• _Work item_
Give the data again exactly, from its opening line through the line in which "mod acc0_acc1_vel;" appears.

Stored data
((

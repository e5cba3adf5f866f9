// position_third_step2.rs: five shapes of step 2, each a few attempts at seven times, tried in the Rust's order; and
// the fourth with the t[1] of document 02, Paper 4.
#![tactic(auto)]

mod acc0;
mod acc0_acc1;
mod acc0_acc1_vel;
pub mod in_place;

ghost use Rattle.std.specs.Prelude.{◌≡◌};
ghost use Rattle.step2_solver.specs.declared.Shape.TheVariants.{Acc0Acc1Vel, Acc1Vel, Acc0Vel, Acc0Acc1, Acc0};
ghost use Rattle.step2_solver.specs.declared.Shape.TheVariants.{RestToRest};
ghost use Rattle.position_third_step2.specs.Shape.{asked_of, limits, unasked};

use in_place::ask;
use profile::{Checked, Profile};
use roots::RootAnswer;
use step2_over_roots::RootAnswers;
use step2_quartics::quartics_of;
use step2_solver::{Limits, PositionThirdOrderStep2, Shape};

// Stands for the answers of a shape that looks at none.
// Stays: answers of 0 and no Option: `asked_of` has them (`unasked`), and `ask` takes answers of any shape.
const UNASKED: RootAnswers = RootAnswers {
    uddu: RootAnswer::CubeRoot(0.0),
    udud: RootAnswer::CubeRoot(0.0),
};

// Any shape by value: on the row of the profile.
fn asked(
    shape: Shape,
    s: PositionThirdOrderStep2,
    l: Limits,
    answers: RootAnswers,
    profile: Profile,
) -> Checked
    ensures { result ≡ asked_of shape s l answers.uddu answers.udud profile }
{
    let mut x = profile.row();
    let q = quartics_of(shape, s, l);
    let answer = ask(shape, s, l, q, answers, &mut x, profile.labels());
    Checked::from_row(x, answer)
}

fn limits(v_max: f64, v_min: f64, a_max: f64, a_min: f64, j_max: f64) -> Limits
    ensures { result ≡ limits v_max v_min a_max a_min j_max }
{
    Limits {
        v_max,
        v_min,
        a_max,
        a_min,
        j_max,
    }
}

// Stays: six functions, each with the limits one by one, and two of them with first and second one by one: five are the
// Rust's by name, with its parameters in its order, and the sixth, document 02's, is like them.

pub fn time_acc0_acc1_vel(
    s: PositionThirdOrderStep2,
    profile: Profile,
    v_max: f64,
    v_min: f64,
    a_max: f64,
    a_min: f64,
    j_max: f64,
) -> Checked
    ensures { result ≡ asked_of Acc0Acc1Vel s (limits v_max v_min a_max a_min j_max)
        unasked unasked profile }
{
    let l = limits(v_max, v_min, a_max, a_min, j_max);
    asked(Shape::Acc0Acc1Vel, s, l, UNASKED, profile)
}

pub fn time_acc1_vel(
    s: PositionThirdOrderStep2,
    first: RootAnswer,
    second: RootAnswer,
    profile: Profile,
    v_max: f64,
    v_min: f64,
    a_max: f64,
    a_min: f64,
    j_max: f64,
) -> Checked
    ensures { result ≡ asked_of Acc1Vel s (limits v_max v_min a_max a_min j_max) first second profile }
{
    let l = limits(v_max, v_min, a_max, a_min, j_max);
    let answers = RootAnswers {
        uddu: first,
        udud: second,
    };
    asked(Shape::Acc1Vel, s, l, answers, profile)
}

pub fn time_acc0_vel(
    s: PositionThirdOrderStep2,
    first: RootAnswer,
    second: RootAnswer,
    profile: Profile,
    v_max: f64,
    v_min: f64,
    a_max: f64,
    a_min: f64,
    j_max: f64,
) -> Checked
    ensures { result ≡ asked_of Acc0Vel s (limits v_max v_min a_max a_min j_max) first second profile }
{
    let l = limits(v_max, v_min, a_max, a_min, j_max);
    let answers = RootAnswers {
        uddu: first,
        udud: second,
    };
    asked(Shape::Acc0Vel, s, l, answers, profile)
}

pub fn time_acc0_acc1(
    s: PositionThirdOrderStep2,
    profile: Profile,
    v_max: f64,
    v_min: f64,
    a_max: f64,
    a_min: f64,
    j_max: f64,
) -> Checked
    ensures { result ≡ asked_of Acc0Acc1 s (limits v_max v_min a_max a_min j_max) unasked unasked profile }
{
    let l = limits(v_max, v_min, a_max, a_min, j_max);
    asked(Shape::Acc0Acc1, s, l, UNASKED, profile)
}

pub fn time_acc0(
    s: PositionThirdOrderStep2,
    profile: Profile,
    v_max: f64,
    v_min: f64,
    a_max: f64,
    a_min: f64,
    j_max: f64,
) -> Checked
    ensures { result ≡ asked_of Acc0 s (limits v_max v_min a_max a_min j_max) unasked unasked profile }
{
    let l = limits(v_max, v_min, a_max, a_min, j_max);
    asked(Shape::Acc0, s, l, UNASKED, profile)
}

// Document 02's, kind 08.
pub fn time_rest_to_rest(
    s: PositionThirdOrderStep2,
    profile: Profile,
    v_max: f64,
    v_min: f64,
    a_max: f64,
    a_min: f64,
    j_max: f64,
) -> Checked
    ensures { result ≡ asked_of RestToRest s (limits v_max v_min a_max a_min j_max)
        unasked unasked profile }
{
    let l = limits(v_max, v_min, a_max, a_min, j_max);
    asked(Shape::RestToRest, s, l, UNASKED, profile)
}
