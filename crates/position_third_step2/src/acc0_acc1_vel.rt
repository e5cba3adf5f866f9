// The first shape: both accelerations and the velocity reach their limits.
ghost use Rattle.std.specs.Prelude.{◌≡◌, [], ◌∷◌};
ghost use Rattle.profile.specs.Parts.{profile_in, checked_in};
ghost use Rattle.step2_attempt.specs.Attempt.{tried_of};
ghost use Rattle.time_acc0_acc1_vel.specs.TimeAcc0Acc1Vel.{acc0_acc1_vel_uddu, acc0_acc1_vel_udud};

use labels::Labels;
use profile::in_place::Verdict;
use row::NUMBERS;
use step2_attempt::tried;
use step2_solver::{Limits, PositionThirdOrderStep2};

pub fn time_acc0_acc1_vel(
    s: PositionThirdOrderStep2,
    l: Limits,
    x: &mut [f64; NUMBERS],
    labels: Labels,
) -> Verdict
    ensures { checked_in x.new result
        ≡ tried_of l (acc0_acc1_vel_uddu s l ∷ acc0_acc1_vel_udud s l ∷ [])
        (profile_in x.old labels) }
{
    let r = tried(time_acc0_acc1_vel::uddu(s, l), l, x, labels);
    if r.ok {
        return r;
    }
    tried(time_acc0_acc1_vel::udud(s, l), l, x, r.labels)
}
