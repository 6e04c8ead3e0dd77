ghost use Rattle.std.specs.Prelude.{◌≡◌, Some, length, string_bytes};
ghost use Rattle.refusals.specs.Reading.{keeps};
ghost use Rattle.script.specs.Texts.{Appends};
ghost use Rattle.session.specs.Readings.{heard_by, reading_text};

use evidence::Format;
use refusals::Refusal;
use refusals::reading::admit;
use std::alloc::AllocError;
use std::fmt;
use text::claim::ClaimText;

// A message and the format to read it by. It prints as what comes of that: how many claims the message has, and each of them on a line of its own;
// or the refusal.
#[derive(Drop)]
struct Reading<'a, F> {
    format: &'a F,
    message: &'a [u8],
}

impl<F: Format> Reading<'_, F> {
    // How many claims the message has, which is of a length that may be read.
    fn count(&self) -> Result<usize, Refusal>
        ensures { result ≡ keeps (heard_by (F.reads self.now.format.now) self.now.message.now) length }
    {
        admit(self.message)?;
        self.format.count(self.message)
    }
}

impl<F: Format> fmt::Display for Reading<'_, F> {
    ghost output = { λ r. Some (reading_text (heard_by (F.reads r.format.now) r.message.now)) };

    fn fmt<W: fmt::Write>(&self, f: &mut fmt::Formatter<W>) -> fmt::Result {
        let count = match self.count() {
            Ok(count) => count,
            Err(refusal) => return write!(f, "{refusal}"),
        };
        write!(f, "read: {count} claims")?;
        for n in 0..count {
            // A format gives its claims by number, and each number below the count has one.
            let Ok(claim) = self.format.claim(self.message, n) else {
                unreachable!();
            };
            write!(f, "\n {}", ClaimText(&claim))?;
        }
        Ok(())
    }
}

// Appends what comes of reading a message: how many claims it has, and each of them; or the refusal. One `write!` of what prints.
pub fn push_reading<F: Format>(
    out: &mut String,
    format: &F,
    message: &[u8],
) -> Result<(), AllocError>
    ensures { Appends result (string_bytes out.old) (string_bytes out.new) (reading_text (heard_by (F.reads format.now) message.now)) }
{
    write!(out, "{}", Reading { format, message })
}
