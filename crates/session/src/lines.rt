ghost use Rattle.std.specs.Prelude.{◌≡◌, string_bytes};
ghost use Rattle.std.specs.Option.{option_map};
ghost use Rattle.script.specs.Complaints.{Tells};
ghost use Rattle.script.specs.Spoken.{spoken};
ghost use Rattle.script.specs.Texts.{Appends};
ghost use Rattle.session.specs.Answers.{answer_of, line_answer};

use crate::readings::push_reading;
use dice::kinds::Dice;
use script::commands::parse;
use script::complaints::Complaint;
use script::kinds::Command;
use spdm::kinds::Spdm;
use std::alloc::{AllocError, Global};
use text::refusal::push_refusal;

// Appends the answer to a command, which is one `write!` of what prints.
pub fn push_answer(out: &mut String, command: &Command) -> Result<(), AllocError>
    ensures { Appends result (string_bytes out.old) (string_bytes out.new) (answer_of (spoken command.now)) }
{
    match command {
        Command::ReadSpdm {
            class,
            algorithm,
            message,
        } => match Spdm::new(class.as_slice(), *algorithm) {
            Ok(format) => push_reading(out, &format, message.as_slice()),
            Err(refusal) => push_refusal(out, refusal),
        },
        Command::ReadDice { message } => push_reading(out, &Dice, message.as_slice()),
    }
}

// The answer to a line of the command language, if it asks for anything; or what is wrong with it.
pub fn answer(heap: Global, line: &[u8]) -> Result<Option<String>, Complaint>
    ensures { Tells (option_map string_bytes) result (line_answer line.now) }
{
    // No `map`, as its closure would give a Result inside the Option.
    let Some(command) = parse(heap, line)? else {
        return Ok(None);
    };
    let mut out = String::new(heap);
    push_answer(&mut out, &command)?;
    Ok(Some(out))
}
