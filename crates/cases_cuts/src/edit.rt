//! Edits of cuts that any numbers may be given to: each is asked first whether it can be, and where it
//! can't nothing is changed.

ghost use Rattle.std.specs.Prelude.{◌≡◌, ◌↔◌, Bool, true, false, IsTrue};
ghost use Rattle.syntax_tree.specs.Trees.{PlainTrees};
ghost use Rattle.syntax_tree_cut.specs.Cuts.{CanDelete, CanEmpty, CanReplace, IsCutOf, cut_tree};
ghost use Rattle.cases_cuts.specs.Edits.{CanMake, Makes, MakesIf};
ghost use Rattle.cases_cuts.specs.declared.edit.Edit.TheVariants.{Delete, Empty, Replace};

use compat_table::Compat;
use syntax_tree::Tree;
use syntax_tree_cut::Cut;

/// An edit, which names nodes by their numbers.
#[derive(Clone, Copy, Debug, PartialEq, Eq)]
pub(crate) enum Edit {
    /// Deletes an element of a list.
    Delete { list: u32, element: u32 },

    /// Deletes the content of an optional.
    Empty { node: u32 },

    /// Lets a node have the position of one that it is below.
    Replace { node: u32, by: u32 },
}

/// Deletes an element, where that can be. The answer is whether it could.
fn delete(tree: &Tree, cut: &mut Cut, list: u32, element: u32) -> bool
    requires { IsCutOf tree.now cut.old }
    ensures can { IsTrue result ↔ CanMake tree.now (cut_tree tree.now cut.old) (Delete list element) }
    ensures edit { MakesIf result tree.now (Delete list element) cut.old cut.new }
    ensures of { IsCutOf tree.now cut.new }
{
    if !cut.can_delete(tree, list, element) {
        return false;
    }
    cut.delete_element(tree, list, element);
    true
}

/// Deletes the content of an optional, where that can be.
fn empty(tree: &Tree, cut: &mut Cut, node: u32) -> bool
    requires { IsCutOf tree.now cut.old }
    ensures can { IsTrue result ↔ CanMake tree.now (cut_tree tree.now cut.old) (Empty node) }
    ensures edit { MakesIf result tree.now (Empty node) cut.old cut.new }
    ensures of { IsCutOf tree.now cut.new }
{
    if !cut.can_empty(tree, node) {
        return false;
    }
    cut.delete_optional(tree, node);
    true
}

/// Replaces a node, where that can be.
fn replace(tree: &Tree, cut: &mut Cut, compat: &Compat, node: u32, by: u32) -> bool
    requires of { IsCutOf tree.now cut.old }
    requires compat { compat.now ≡ tree.now.form }
    ensures can { IsTrue result ↔ CanMake tree.now (cut_tree tree.now cut.old) (Replace node by) }
    ensures edit { MakesIf result tree.now (Replace node by) cut.old cut.new }
    ensures of { IsCutOf tree.now cut.new }
{
    if !cut.can_replace(tree, compat, node, by) {
        return false;
    }
    cut.replace(tree, compat, node, by);
    true
}

/// Makes the edit, where it can be made; else the cut stays as it was. The answer is whether it could.
/// Its time is that of the edit and of asking for it (see [`Cut`]).
pub(crate) fn make(tree: &Tree, cut: &mut Cut, compat: &Compat, edit: Edit) -> bool
    requires of { IsCutOf tree.now cut.old }
    requires compat { compat.now ≡ tree.now.form }
    ensures can { IsTrue result ↔ CanMake tree.now (cut_tree tree.now cut.old) edit }
    ensures edit { MakesIf result tree.now edit cut.old cut.new }
    ensures of { IsCutOf tree.now cut.new }
{
    match edit {
        Edit::Delete { list, element } => delete(tree, cut, list, element),
        Edit::Empty { node } => empty(tree, cut, node),
        Edit::Replace { node, by } => replace(tree, cut, compat, node, by),
    }
}
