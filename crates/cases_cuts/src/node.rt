//! What a cut says of a node.

ghost use Rattle.std.specs.Prelude.{◌≡◌, IfOk, IsSome, MatchOption, None, slice_get};
ghost use Rattle.std.specs.Option.{option_and_then};
ghost use Rattle.syntax_tree.specs.Trees.{leaves};
ghost use Rattle.syntax_tree.specs.Numbered.{subtree};
ghost use Rattle.syntax_tree_cut.specs.Cuts.{IsCutOf, cut_tree};
ghost use Rattle.cases_cuts.specs.Descriptions.{IsDescriptionOf};

use crate::case::Case;
use faults::Memory;
use normal_form::Sym;
use syntax_tree::Tree;
use syntax_tree_cut::{Cut, weights_count_leaves};

/// What a cut says of a node that is left.
#[derive(Debug, Drop)]
pub(crate) struct Description {
    /// The numbers of its children, from left to right.
    pub(crate) children: Vec<u32>,

    /// How many tokens are left below it.
    pub(crate) weight: u32,

    /// The first of these tokens, by its number among those of the parsed tree.
    pub(crate) first_token: Option<u32>,

    /// The slot that it is in.
    pub(crate) slot: Sym,
}

/// The first of the tokens that are left below a node that is left.
fn first_token(tree: &Tree, cut: &Cut, node: u32) -> Option<u32>
    requires of { IsCutOf tree.now cut.now }
    requires left { IsSome (subtree node (cut_tree tree.now cut.now)) }
    ensures { option_and_then (λ t. slice_get (leaves t) 0) (subtree node (cut_tree tree.now cut.now)) ≡ result }
{
    weights_count_leaves();
    if cut.weight(tree, node) == 0 {
        return None;
    }
    Some(cut.first_token(tree, node))
}

impl<'a> Case<'a> {
    /// What the cut says of a node; None where it isn't left. Its time is that of [`Cut::children`], and
    /// of asking whether the node is left.
    pub(crate) fn describe(&self, cut: &Cut, node: u32) -> Result<Option<Description>, Memory>
        requires { IsCutOf self.now.tree cut.now }
        ensures { IfOk result (λ found. MatchOption found (subtree node (cut_tree self.now.tree cut.now) ≡ None)
            (IsDescriptionOf self.now.tree (cut_tree self.now.tree cut.now) node)) }
    {
        let tree = &self.tree;
        if !cut.is_left(tree, node) {
            return Ok(None);
        }
        let children = cut.children(self.alloc, tree, node)?;
        Ok(Some(Description {
            children,
            weight: cut.weight(tree, node),
            first_token: first_token(tree, cut, node),
            slot: cut.slot(tree, node),
        }))
    }
}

))

• _Result for this task_
repository e5cba3adf5f866f9
// position_third_step2.rs: five shapes of step 2, each a few attempts at seven times, tried in the Rust's order; and
// the fourth with the t[1] of document 02, Paper 4.
#![tactic(auto)]

mod acc0;
mod acc0_acc1;
mod acc0_acc1_vel;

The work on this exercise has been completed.